▶ WHAT YOU ARE ASKED TO DO: Using the data below, copy out all lines with the word "factorize".

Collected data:
===============
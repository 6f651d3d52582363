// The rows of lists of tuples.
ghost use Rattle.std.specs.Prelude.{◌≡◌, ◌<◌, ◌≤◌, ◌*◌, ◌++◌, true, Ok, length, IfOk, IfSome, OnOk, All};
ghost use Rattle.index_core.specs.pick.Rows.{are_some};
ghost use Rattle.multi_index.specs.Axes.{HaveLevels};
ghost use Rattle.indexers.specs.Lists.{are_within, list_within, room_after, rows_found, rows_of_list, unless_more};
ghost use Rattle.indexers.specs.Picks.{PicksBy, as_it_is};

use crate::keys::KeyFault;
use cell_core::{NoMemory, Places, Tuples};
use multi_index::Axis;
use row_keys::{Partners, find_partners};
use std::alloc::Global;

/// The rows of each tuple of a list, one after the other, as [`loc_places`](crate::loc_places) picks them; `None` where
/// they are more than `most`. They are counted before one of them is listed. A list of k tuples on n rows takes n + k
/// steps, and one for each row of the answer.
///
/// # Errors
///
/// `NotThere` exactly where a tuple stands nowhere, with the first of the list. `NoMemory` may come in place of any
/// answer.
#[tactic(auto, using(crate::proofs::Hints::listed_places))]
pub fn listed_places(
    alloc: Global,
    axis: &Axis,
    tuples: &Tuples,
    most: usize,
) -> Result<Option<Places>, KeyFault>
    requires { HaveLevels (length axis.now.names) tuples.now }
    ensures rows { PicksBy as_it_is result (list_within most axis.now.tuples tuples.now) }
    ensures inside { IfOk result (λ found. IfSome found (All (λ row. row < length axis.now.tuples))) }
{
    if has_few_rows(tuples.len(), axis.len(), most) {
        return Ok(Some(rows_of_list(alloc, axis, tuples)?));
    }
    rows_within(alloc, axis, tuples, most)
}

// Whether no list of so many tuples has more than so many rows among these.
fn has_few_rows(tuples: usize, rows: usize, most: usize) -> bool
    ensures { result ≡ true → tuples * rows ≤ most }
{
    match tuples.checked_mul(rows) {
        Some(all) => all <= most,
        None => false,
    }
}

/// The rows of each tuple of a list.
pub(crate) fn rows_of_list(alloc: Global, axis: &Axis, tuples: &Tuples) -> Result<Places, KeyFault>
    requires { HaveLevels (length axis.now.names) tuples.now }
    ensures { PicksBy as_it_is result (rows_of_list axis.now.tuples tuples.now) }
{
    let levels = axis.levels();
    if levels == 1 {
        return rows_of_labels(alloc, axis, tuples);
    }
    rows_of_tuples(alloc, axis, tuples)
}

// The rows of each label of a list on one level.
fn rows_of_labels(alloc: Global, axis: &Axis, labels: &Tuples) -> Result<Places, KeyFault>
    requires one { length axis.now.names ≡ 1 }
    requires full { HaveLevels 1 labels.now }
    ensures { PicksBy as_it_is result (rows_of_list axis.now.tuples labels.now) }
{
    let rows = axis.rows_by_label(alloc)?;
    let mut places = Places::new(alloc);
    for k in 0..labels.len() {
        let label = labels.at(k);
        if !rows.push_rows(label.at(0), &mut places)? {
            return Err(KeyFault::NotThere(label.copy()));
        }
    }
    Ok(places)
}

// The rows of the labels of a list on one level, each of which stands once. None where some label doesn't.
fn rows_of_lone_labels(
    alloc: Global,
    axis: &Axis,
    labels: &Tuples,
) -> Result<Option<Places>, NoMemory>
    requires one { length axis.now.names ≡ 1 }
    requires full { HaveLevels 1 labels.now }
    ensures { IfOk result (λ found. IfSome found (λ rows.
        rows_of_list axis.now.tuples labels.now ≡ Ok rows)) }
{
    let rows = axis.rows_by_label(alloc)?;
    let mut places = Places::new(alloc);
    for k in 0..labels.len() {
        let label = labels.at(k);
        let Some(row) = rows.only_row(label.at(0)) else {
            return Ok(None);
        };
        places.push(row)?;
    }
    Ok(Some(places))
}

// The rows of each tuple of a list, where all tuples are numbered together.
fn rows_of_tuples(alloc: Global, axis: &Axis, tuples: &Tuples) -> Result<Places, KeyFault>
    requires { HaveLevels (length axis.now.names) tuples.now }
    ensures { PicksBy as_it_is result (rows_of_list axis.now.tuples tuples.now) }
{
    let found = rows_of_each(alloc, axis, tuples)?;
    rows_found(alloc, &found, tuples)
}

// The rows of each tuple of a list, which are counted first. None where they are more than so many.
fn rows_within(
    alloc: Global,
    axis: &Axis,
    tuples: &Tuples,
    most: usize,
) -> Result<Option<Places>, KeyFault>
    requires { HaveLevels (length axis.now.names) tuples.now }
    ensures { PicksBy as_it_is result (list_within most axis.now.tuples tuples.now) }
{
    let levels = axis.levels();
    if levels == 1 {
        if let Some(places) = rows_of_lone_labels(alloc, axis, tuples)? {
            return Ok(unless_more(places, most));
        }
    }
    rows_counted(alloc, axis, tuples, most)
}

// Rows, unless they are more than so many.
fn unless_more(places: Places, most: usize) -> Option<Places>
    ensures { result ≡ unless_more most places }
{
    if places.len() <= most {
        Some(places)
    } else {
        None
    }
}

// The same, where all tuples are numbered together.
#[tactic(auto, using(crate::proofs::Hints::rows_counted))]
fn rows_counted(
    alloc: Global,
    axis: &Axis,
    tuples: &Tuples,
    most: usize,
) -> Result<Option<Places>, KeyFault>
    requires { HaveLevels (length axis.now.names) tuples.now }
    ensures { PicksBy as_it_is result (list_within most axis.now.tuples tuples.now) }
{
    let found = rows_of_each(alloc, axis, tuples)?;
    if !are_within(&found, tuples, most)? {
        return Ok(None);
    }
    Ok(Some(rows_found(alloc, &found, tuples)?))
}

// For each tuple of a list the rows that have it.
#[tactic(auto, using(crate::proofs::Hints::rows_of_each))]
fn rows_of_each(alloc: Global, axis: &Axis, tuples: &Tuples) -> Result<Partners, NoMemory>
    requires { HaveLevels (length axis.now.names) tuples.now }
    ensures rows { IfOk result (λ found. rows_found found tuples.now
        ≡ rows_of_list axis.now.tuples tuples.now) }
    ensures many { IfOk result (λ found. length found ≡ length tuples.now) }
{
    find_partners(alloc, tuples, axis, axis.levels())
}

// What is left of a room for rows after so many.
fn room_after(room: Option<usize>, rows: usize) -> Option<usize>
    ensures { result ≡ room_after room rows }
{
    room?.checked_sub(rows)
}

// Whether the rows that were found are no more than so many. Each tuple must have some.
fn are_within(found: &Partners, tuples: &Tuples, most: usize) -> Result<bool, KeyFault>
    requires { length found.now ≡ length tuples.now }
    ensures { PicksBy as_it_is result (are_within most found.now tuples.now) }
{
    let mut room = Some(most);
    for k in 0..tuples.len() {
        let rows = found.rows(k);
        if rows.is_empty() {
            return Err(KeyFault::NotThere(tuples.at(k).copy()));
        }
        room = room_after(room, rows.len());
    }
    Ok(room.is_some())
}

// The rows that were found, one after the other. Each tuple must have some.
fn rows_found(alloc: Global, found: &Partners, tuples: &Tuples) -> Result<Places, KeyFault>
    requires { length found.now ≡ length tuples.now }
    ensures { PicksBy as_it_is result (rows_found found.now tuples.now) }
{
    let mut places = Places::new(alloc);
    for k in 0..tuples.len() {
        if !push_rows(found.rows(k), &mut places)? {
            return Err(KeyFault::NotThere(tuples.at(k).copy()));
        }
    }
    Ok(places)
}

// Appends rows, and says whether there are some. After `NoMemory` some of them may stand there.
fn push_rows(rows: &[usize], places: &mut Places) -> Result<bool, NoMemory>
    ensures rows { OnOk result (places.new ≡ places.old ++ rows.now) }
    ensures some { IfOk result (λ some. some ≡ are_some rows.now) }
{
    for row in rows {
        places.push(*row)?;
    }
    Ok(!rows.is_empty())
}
===============
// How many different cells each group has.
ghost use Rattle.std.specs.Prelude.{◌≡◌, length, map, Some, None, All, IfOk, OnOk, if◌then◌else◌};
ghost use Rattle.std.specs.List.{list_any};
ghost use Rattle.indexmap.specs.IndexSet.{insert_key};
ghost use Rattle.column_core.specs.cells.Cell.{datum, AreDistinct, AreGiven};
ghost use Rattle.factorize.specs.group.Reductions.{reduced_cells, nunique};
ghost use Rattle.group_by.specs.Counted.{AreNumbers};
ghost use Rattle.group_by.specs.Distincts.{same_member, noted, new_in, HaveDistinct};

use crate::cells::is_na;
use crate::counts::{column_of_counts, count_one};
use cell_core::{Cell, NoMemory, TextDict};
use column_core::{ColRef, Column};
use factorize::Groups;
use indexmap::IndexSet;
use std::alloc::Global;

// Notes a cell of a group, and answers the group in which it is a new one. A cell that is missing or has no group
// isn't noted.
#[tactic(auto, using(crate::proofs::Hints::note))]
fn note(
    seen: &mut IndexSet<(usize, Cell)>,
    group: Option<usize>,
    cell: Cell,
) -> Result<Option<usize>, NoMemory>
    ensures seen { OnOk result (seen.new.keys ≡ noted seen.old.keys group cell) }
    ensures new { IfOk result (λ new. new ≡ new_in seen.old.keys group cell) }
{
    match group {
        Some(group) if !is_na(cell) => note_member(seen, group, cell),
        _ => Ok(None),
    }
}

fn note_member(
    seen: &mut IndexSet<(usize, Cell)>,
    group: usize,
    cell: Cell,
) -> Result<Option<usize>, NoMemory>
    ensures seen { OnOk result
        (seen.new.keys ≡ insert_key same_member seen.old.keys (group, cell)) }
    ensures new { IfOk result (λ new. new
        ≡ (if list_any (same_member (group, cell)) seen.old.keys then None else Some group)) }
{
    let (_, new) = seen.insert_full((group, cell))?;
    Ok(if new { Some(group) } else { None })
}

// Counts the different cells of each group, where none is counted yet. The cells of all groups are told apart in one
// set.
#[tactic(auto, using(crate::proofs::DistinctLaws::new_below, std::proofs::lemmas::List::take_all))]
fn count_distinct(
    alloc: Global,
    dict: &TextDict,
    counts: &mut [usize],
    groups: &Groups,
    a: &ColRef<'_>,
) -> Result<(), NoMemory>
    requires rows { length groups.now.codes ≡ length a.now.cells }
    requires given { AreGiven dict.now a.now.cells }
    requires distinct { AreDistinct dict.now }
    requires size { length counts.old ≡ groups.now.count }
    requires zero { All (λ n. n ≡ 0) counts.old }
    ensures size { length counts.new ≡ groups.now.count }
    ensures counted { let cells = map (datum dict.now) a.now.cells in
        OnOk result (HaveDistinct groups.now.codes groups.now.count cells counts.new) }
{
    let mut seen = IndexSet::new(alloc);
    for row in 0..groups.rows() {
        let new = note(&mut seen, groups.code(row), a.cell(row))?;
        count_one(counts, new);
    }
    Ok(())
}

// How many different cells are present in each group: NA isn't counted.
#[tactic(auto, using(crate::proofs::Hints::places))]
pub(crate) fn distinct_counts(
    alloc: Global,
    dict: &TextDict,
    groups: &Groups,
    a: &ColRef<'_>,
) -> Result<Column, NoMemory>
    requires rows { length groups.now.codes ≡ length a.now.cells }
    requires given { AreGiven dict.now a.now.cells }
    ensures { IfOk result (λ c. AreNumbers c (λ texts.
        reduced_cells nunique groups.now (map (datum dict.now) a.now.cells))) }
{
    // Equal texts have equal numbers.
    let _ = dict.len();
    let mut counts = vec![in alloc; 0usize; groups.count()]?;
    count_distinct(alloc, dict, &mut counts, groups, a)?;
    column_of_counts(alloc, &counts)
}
===============
▶ EXERCISE ANSWER:
ghost use Rattle.factorize.specs.group.Reductions.{reduced_cells, nunique};
use factorize::Groups;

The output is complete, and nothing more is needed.